In the backward Wald binary logistic regression analysis, we observed that immediate memory was the only variable as a predictive factor of MCI that survived among other VMPT parameters. A recent study from Turkey using the adapted Turkish‐language version of the RAVLT, in other words, the VMPT, showed that the subtests of the verbal memory processes, including short‐term memory recall (total learning) and long‐term memory recall (delayed free recall), were capable of differentiating MCI from mild dementia. ^32^ Our findings indirectly suggest recent functional data indicating that impaired connectivity between the right amygdala, occipital and parietal lobe, and left hippocampus is accompanied by a greater decrease in the RAVLT and immediate recall in MCI than in MDD‐MCI and controls. ^2^
To summarize, these findings suggest that the VMPT may potentially represent a novel neuropsychometric test that sufficiently differentiates MCI from MDD. Further studies with additional imaging tools, particularly those considering the relevant brain regions, should be used to differentiate patients with MDD from those in the early stages of dementia, such as MCI.
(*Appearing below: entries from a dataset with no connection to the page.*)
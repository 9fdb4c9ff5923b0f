//! `replay`: reads a trace from standard input, and writes what it gives to standard output.
#![tactic(auto)]

mod exit;
mod options;

use exit::exit_status;
use options::{Options, Order};
use std::io;
use std::process::ExitCode;
use std::rt::Env;
use vk_console::{arguments, complain, refuse};
use vk_model::{First, Last, Scheduler, Seeded};
use vk_run::run;
use vk_trace::Watched;

/// Does what the command line asks, and answers the exit status.
fn perform<R: Env + Input + Print + Eprint + AllocGlobal>(rt: &R) -> u8 {
    let arguments = match arguments(rt) {
        Ok(arguments) => arguments,
        Err(status) => return status,
    };
    let options = match options::read(rt.alloc(), arguments.as_slice()) {
        Ok(options) => options,
        Err(error) => return refuse(rt, error),
    };
    match options.order {
        Order::First => replay(rt, &options, &mut First),
        Order::Last => replay(rt, &options, &mut Last),
        Order::Seed(seed) => replay(rt, &options, &mut Seeded::new(seed)),
    }
}

/// Replays the standard input, and answers the exit status.
fn replay<R: Env + Input + Print + Eprint + AllocGlobal, S: Scheduler>(
    rt: &R,
    options: &Options,
    sched: &mut S,
) -> u8 {
    let mut reader = Watched::new(rt.reader());
    let mut writer = Watched::new(io::writer(rt));
    let (config, caches) = (options.config, options.caches);
    match run(rt.alloc(), &mut reader, &mut writer, config, caches, sched) {
        Ok(status) => exit_status(status),
        Err(error) => complain(rt, error),
    }
}

fn main(rt: HostRuntime) -> ExitCode {
    ExitCode::from(perform(&rt))
}
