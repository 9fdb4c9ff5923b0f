ghost use Rattle.std.specs.Prelude.{◌≡◌};
ghost use Rattle.vk_replay.specs.ExitStatus.{exit_status_of};

use vk_run::Status;

/// The program's exit status after a run that gave an answer.
pub fn exit_status(status: Status) -> u8
    ensures { result ≡ exit_status_of status }
{
    match status {
        Status::Replayed => 0,
        Status::Refused => 1,
        Status::Stopped => 3,
    }
}
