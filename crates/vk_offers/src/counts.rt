ghost use Rattle.std.specs.Prelude.{◌≡◌, ◌∷◌, List, length, IfOk, IsTrue};
ghost use Rattle.vk_model.specs.Trace.Point.{Past};
ghost use Rattle.vk_model.specs.Sync.Node.{Node, nodes};
ghost use Rattle.vk_model.specs.Run.Runs.{Name};
ghost use Rattle.vk_model.specs.Run.CachedRuns.{is_synchronization};
ghost use Rattle.vk_order.specs.NodeViews.{act_of, node_of};
ghost use Rattle.vk_order.specs.Wide.{IsApartFrom};
ghost use Rattle.vk_events.specs.Happens.{AreFronts, is_finished};
ghost use Rattle.vk_offers.specs.IsOffers.{IsOffers, CountsBefore};
ghost use Rattle.vk_offers.specs.Inner.Rows.{AreCounted};

use crate::offers::{Offers, commands_before};
use std::alloc::AllocError;
use vk_order::{Act, Row};

impl Offers<'_> {
    /// Of each queue, how many commands from its first on are finished.
    pub(crate) fn fronts(&self) -> [usize; 4]
        ensures { (past : Past) (done : List Name) → IsOffers self.now past done → AreFronts (nodes past) (is_finished past done) result }
    {
        self.ready.fronts()
    }

    /// Of each row of a point that comes next, how many commands of each queue are before it, if it
    /// is a dependency, a wait or a signal.
    pub(crate) fn counts_of(&self, rows: &[Row<'_>]) -> Result<Vec<[usize; 4]>, AllocError>
        ensures lengths { IfOk result (λ counts. length counts.items ≡ length rows.now) }
        ensures counted { IfOk result (λ counts. (past : Past) (done : List Name) → IsOffers self.now past done → AreCounted (nodes past) rows.now counts.items) }
    {
        let mut counts = Vec::new(self.alloc);
        for row in rows {
            let before = self.before_row(row)?;
            counts.push(before)?;
        }
        Ok(counts)
    }

    /// The same of one row.
    fn before_row(&self, row: &Row<'_>) -> Result<[usize; 4], AllocError>
        ensures { IfOk result (λ before. (past : Past) (done : List Name) → IsOffers self.now past done
            → IsTrue (is_synchronization (act_of row.now.act)) → IsApartFrom (nodes past) (node_of (length (nodes past)) row.now)
            → CountsBefore (node_of (length (nodes past)) row.now ∷ nodes past) (node_of (length (nodes past)) row.now) before) }
    {
        match row.act {
            Act::Hosts(_) | Act::Runs(_) => Ok([0; 4]),
            _ => {
                let new_node = self.frontier.new_node(&row.point, &row.act)?;
                Ok(commands_before(&new_node))
            }
        }
    }
}
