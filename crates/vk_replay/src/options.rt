use clap::{Arg, ArgAction, ArgMatches, Command, value_parser};
use std::alloc::{AllocError, Global};
use vk_console::OptionsError;
use vk_model::Config;
use vk_run::QueueCaches;

/// Which of the pieces and entries that may come next is picked.
#[derive(Clone, Copy, Debug, Drop, PartialEq, Eq)]
pub enum Order {
    /// The first: pieces run as early as they can, in reference order.
    First,
    /// The last: pieces run as late as they can.
    Last,
    /// By the words of a generator that begins with this seed.
    Seed(u64),
}

/// What the command line asks for.
#[derive(Drop)]
pub struct Options {
    /// The sizes of the device's heaps.
    pub config: Config,
    /// Which order is tried.
    pub order: Order,
    /// Whether the device's queues have caches.
    pub caches: QueueCaches,
}

/// Bytes of each heap where nothing else is said.
const HEAP_BYTES: u64 = 4_194_304;

/// The command line of `replay`.
fn command<'a>(alloc: Global) -> Result<Command<'a>, AllocError> {
    let order = Arg::new(alloc, "order")
        .long("order")
        .value_name("ORDER")
        .value_parser(["first", "last", "seed"].as_slice())
        .default_value("first")
        .help("Which of the pieces of commands that may run next is run");
    let seed = Arg::new(alloc, "seed")
        .long("seed")
        .value_name("N")
        .value_parser(value_parser!(u64))
        .default_value("0")
        .help("Where --order seed begins");
    let caches = Arg::new(alloc, "caches")
        .long("caches")
        .action(ArgAction::SetTrue)
        .help("Replay on a device whose queues each keep a write-back cache");
    let heap0 = Arg::new(alloc, "heap0")
        .long("heap0")
        .value_name("BYTES")
        .value_parser(value_parser!(u64).range(65_536..=67_108_864))
        .default_value("4194304")
        .help("The size of heap 0, device memory");
    let heap1 = Arg::new(alloc, "heap1")
        .long("heap1")
        .value_name("BYTES")
        .value_parser(value_parser!(u64).range(65_536..=67_108_864))
        .default_value("4194304")
        .help("The size of heap 1, host memory");
    Command::new(alloc, "replay")
        .about(
            "Replays a trace of Vulkan transfers from standard input, or reports the first rule that it breaks",
        )
        .arg(order)?
        .arg(seed)?
        .arg(caches)?
        .arg(heap0)?
        .arg(heap1)
}

/// Which order is asked for. A seed is read, and not used, where another order is.
fn order_of(matches: &ArgMatches<'_>) -> Order {
    let seed = matches.get_one::<u64>("seed").unwrap_or(0);
    match matches.get_str("order") {
        Some("last") => Order::Last,
        Some("seed") => Order::Seed(seed),
        _ => Order::First,
    }
}

/// Whether caches of queues are asked for.
fn caches_of(matches: &ArgMatches<'_>) -> QueueCaches {
    if matches.get_flag("caches") {
        QueueCaches::With
    } else {
        QueueCaches::Without
    }
}

/// What the arguments ask for; the first one is the program's own name.
pub fn read(alloc: Global, arguments: &[String]) -> Result<Options, OptionsError> {
    let matches = command(alloc)?.try_get_matches_from(arguments)?;
    let heap0 = matches.get_one::<u64>("heap0").unwrap_or(HEAP_BYTES);
    let heap1 = matches.get_one::<u64>("heap1").unwrap_or(HEAP_BYTES);
    let order = order_of(&matches);
    let caches = caches_of(&matches);
    match Config::new(heap0, heap1) {
        Some(config) => Ok(Options {
            config,
            order,
            caches,
        }),
        None => Err(OptionsError::NoMemory),
    }
}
Despite some minor limitations, such as the small sample size and lack of a control group, this study is clinically significant in showing that practical and powerful cognitive tests are essential in identifying subtle cognitive impairments in both MDD and MCI patients. Such a purely clinical approach can be reinforced with practical morphological assessment tools, of which the MVMRS total score assessment seems to be a particularly suitable candidate.
The authors declare no conflicts of interest. Author disclosures are available in the supporting information.
The ethics committee at Bayindir Hospital Icerenkoy, Istanbul, Turkey, approved the study protocol. Written informed consent was obtained from all participants or, in the case of cognitively impaired persons, from a proxy (usually a guardian or a family member).